# [Exercise directions]
Report each line of the entries below that has the word "fair" in it.

# [Exercise input]
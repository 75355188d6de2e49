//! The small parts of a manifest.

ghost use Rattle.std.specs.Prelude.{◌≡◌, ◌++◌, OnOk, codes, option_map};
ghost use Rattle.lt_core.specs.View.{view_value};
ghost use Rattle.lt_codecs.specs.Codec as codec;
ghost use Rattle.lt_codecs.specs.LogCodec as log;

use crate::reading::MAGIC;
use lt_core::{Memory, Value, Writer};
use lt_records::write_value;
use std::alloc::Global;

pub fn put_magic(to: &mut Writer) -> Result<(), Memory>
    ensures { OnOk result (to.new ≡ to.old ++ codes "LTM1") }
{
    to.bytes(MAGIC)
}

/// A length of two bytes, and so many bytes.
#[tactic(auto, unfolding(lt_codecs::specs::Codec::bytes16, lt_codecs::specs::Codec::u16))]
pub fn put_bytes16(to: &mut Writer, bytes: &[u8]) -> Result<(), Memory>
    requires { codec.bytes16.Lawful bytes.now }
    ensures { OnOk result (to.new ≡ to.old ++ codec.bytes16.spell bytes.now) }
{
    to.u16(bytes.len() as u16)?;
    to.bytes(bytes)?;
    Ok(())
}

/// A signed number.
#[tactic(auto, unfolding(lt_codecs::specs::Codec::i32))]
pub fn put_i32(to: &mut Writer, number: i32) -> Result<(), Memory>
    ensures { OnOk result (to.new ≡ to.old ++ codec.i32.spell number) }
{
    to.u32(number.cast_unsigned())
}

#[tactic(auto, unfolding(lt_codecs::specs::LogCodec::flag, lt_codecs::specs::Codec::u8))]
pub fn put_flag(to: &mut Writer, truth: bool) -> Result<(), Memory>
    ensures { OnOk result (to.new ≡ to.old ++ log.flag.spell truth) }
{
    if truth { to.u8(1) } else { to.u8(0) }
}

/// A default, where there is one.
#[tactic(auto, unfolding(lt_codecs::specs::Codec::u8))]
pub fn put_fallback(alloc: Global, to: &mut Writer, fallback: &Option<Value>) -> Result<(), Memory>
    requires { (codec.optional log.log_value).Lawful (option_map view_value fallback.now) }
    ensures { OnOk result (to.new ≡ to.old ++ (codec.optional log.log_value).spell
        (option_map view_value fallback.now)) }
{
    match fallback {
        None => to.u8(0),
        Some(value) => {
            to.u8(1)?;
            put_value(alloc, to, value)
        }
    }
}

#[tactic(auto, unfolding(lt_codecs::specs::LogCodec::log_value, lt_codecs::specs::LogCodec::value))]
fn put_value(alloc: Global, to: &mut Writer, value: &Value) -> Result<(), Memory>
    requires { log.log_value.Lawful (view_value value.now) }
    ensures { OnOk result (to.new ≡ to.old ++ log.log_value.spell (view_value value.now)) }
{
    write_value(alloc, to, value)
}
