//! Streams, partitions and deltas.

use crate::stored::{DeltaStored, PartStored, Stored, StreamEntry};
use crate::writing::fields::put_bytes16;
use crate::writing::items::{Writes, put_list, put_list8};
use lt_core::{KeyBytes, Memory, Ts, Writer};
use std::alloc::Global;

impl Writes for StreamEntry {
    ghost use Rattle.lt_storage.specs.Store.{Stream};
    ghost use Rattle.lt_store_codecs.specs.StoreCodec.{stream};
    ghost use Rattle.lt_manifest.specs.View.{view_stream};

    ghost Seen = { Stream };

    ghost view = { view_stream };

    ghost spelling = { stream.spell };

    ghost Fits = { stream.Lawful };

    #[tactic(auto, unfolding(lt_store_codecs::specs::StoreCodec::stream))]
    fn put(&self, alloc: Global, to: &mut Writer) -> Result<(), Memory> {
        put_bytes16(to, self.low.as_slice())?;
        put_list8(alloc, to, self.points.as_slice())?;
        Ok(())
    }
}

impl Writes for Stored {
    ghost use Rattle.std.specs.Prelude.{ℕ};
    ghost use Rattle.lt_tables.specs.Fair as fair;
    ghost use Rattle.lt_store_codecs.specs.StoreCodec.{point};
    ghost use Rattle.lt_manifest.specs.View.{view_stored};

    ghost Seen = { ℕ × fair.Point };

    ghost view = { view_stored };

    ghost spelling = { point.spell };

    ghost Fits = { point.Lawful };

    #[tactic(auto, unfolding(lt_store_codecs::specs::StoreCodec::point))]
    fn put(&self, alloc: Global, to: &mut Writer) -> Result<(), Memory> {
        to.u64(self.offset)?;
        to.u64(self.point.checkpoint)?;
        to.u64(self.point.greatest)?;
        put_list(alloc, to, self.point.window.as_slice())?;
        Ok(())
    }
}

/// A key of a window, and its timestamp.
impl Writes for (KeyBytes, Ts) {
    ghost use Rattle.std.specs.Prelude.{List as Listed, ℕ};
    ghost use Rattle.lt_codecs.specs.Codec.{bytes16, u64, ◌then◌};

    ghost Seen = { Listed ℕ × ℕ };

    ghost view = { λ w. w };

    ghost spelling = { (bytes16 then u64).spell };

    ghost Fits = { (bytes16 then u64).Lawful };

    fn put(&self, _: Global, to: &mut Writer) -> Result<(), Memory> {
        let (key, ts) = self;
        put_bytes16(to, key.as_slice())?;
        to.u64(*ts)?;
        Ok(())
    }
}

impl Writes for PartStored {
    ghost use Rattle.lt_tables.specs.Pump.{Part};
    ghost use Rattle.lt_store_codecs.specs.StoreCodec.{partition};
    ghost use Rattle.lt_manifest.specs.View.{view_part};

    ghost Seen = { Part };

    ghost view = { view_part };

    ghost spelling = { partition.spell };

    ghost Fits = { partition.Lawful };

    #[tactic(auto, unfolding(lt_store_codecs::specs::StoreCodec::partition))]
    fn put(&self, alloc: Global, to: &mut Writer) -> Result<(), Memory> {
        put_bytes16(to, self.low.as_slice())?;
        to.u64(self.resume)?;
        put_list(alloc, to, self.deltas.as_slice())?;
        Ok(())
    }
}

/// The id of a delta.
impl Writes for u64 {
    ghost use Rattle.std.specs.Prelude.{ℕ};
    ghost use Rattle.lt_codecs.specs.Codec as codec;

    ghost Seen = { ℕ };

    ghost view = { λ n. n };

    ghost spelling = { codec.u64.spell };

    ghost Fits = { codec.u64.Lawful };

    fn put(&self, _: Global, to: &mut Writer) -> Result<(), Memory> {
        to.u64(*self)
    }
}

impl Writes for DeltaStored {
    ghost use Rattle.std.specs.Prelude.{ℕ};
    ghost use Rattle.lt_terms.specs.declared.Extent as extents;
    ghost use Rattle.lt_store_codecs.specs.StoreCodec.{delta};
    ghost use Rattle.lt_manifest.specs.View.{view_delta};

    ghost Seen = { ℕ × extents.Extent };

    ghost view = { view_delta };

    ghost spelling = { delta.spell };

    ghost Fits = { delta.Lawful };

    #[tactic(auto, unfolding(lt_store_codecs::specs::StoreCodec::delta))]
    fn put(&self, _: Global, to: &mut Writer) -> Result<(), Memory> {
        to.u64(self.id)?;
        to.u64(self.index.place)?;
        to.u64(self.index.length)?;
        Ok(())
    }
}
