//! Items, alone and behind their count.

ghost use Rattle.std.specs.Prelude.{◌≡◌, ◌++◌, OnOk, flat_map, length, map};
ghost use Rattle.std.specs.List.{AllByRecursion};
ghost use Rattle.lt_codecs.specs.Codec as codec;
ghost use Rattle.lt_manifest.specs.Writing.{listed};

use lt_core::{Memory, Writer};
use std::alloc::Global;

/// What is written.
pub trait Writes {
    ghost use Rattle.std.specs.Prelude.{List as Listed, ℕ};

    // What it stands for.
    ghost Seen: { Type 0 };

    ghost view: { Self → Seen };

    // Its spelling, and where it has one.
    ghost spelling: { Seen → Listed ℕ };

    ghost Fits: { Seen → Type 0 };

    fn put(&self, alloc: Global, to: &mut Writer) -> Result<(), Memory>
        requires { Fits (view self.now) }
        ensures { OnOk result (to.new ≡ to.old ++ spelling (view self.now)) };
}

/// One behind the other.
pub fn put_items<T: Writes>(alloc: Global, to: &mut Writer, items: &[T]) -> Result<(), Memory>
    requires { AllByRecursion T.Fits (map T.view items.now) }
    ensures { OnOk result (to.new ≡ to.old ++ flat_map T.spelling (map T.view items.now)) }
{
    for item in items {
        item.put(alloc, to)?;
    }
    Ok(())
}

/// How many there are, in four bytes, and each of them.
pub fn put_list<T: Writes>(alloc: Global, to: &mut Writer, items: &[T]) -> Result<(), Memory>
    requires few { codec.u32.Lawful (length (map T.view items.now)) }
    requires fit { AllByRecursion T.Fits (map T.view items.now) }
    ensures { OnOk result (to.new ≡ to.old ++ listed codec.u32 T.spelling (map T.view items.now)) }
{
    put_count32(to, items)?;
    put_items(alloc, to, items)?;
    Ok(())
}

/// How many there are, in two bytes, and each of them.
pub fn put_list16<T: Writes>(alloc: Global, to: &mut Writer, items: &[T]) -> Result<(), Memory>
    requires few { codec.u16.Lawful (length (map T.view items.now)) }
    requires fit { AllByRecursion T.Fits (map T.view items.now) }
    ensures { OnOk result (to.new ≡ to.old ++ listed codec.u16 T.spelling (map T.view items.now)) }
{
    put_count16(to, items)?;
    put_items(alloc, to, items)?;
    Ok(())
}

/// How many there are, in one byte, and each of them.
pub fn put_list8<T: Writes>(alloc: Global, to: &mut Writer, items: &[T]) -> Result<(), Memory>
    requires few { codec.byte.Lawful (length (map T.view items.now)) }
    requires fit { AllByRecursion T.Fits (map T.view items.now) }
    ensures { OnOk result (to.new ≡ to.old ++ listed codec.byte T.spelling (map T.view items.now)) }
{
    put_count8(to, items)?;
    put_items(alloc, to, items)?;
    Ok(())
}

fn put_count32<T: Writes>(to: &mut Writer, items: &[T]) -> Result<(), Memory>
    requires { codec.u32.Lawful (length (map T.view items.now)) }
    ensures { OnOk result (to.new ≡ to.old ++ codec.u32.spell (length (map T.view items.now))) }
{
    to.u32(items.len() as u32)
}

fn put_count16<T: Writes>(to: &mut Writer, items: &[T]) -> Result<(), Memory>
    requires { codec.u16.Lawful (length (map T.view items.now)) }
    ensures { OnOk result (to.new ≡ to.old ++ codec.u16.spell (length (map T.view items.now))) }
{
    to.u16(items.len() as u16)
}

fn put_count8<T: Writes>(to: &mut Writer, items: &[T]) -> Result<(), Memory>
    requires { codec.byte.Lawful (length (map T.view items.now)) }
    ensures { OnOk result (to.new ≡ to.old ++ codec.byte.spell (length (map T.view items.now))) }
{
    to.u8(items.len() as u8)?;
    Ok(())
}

* * *

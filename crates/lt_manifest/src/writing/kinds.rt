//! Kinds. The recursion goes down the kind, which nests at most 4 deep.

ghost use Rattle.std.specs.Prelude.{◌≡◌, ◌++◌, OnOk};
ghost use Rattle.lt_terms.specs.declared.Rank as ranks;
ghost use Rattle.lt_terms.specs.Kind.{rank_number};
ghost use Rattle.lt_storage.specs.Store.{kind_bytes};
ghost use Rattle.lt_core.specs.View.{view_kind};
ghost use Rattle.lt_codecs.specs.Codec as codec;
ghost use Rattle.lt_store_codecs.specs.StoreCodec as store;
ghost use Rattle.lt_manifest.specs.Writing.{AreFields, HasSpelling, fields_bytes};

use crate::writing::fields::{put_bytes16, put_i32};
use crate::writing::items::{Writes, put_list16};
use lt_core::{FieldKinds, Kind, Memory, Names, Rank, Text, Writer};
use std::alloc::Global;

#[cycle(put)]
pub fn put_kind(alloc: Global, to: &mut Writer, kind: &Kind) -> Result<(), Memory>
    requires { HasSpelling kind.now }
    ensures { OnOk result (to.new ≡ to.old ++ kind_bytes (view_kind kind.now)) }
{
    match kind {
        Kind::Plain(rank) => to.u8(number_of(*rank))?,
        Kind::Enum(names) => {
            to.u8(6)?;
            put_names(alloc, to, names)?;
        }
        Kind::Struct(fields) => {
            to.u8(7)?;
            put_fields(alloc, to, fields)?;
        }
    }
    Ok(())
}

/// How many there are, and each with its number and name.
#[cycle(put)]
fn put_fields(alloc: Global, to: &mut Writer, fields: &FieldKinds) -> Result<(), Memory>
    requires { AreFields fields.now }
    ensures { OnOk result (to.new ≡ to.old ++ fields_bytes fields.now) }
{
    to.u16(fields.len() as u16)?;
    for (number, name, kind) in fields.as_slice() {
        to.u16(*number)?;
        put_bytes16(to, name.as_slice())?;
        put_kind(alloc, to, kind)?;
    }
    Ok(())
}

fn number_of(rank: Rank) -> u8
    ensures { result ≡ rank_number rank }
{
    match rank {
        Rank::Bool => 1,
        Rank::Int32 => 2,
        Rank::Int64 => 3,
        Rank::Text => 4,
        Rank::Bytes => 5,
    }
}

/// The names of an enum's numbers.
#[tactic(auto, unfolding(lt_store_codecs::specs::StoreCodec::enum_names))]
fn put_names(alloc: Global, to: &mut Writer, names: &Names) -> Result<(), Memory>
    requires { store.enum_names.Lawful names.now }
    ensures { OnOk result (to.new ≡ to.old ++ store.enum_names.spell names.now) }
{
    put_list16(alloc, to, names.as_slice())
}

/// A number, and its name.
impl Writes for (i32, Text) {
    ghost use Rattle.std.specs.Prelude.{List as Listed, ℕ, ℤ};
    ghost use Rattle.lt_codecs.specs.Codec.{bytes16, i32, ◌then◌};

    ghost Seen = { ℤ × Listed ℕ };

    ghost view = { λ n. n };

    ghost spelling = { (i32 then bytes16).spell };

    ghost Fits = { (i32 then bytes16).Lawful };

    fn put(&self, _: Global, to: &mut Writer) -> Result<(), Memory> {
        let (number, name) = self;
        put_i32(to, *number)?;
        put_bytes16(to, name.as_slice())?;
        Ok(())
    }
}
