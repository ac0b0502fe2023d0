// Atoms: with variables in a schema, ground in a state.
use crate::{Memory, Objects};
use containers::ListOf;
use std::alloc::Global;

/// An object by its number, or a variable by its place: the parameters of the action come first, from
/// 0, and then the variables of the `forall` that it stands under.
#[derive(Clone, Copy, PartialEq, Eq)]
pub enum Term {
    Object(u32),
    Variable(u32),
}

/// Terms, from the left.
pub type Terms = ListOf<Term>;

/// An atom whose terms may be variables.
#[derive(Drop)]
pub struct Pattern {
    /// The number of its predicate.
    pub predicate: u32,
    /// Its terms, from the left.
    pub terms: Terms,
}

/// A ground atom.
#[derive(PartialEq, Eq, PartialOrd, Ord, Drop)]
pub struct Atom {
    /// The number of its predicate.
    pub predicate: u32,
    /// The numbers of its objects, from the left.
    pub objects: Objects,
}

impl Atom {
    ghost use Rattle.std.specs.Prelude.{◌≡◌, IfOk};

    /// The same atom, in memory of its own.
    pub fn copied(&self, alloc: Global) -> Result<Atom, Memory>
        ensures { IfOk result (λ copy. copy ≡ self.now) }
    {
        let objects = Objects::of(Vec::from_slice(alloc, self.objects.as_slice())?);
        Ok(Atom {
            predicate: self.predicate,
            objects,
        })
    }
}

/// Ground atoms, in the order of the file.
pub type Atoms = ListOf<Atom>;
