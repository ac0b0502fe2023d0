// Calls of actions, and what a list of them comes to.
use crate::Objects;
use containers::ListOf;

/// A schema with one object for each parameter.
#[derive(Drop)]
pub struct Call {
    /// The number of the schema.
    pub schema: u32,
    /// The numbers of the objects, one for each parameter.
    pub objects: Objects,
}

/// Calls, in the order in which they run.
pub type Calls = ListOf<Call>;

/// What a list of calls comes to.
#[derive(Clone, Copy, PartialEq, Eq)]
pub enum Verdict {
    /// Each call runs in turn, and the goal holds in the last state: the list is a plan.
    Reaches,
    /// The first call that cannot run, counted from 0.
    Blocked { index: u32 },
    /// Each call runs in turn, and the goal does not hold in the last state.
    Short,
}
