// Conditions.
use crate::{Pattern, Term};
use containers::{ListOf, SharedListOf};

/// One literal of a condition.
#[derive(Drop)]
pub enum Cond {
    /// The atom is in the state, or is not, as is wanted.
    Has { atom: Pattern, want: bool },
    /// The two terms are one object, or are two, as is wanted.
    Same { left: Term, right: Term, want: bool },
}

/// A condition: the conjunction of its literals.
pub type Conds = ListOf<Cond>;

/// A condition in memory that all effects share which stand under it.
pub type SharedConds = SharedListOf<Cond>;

# [Exercise result]
    ghost use Rattle.lt_tables.specs.Fair as fair;
    ghost Seen = { ℕ × fair.Point };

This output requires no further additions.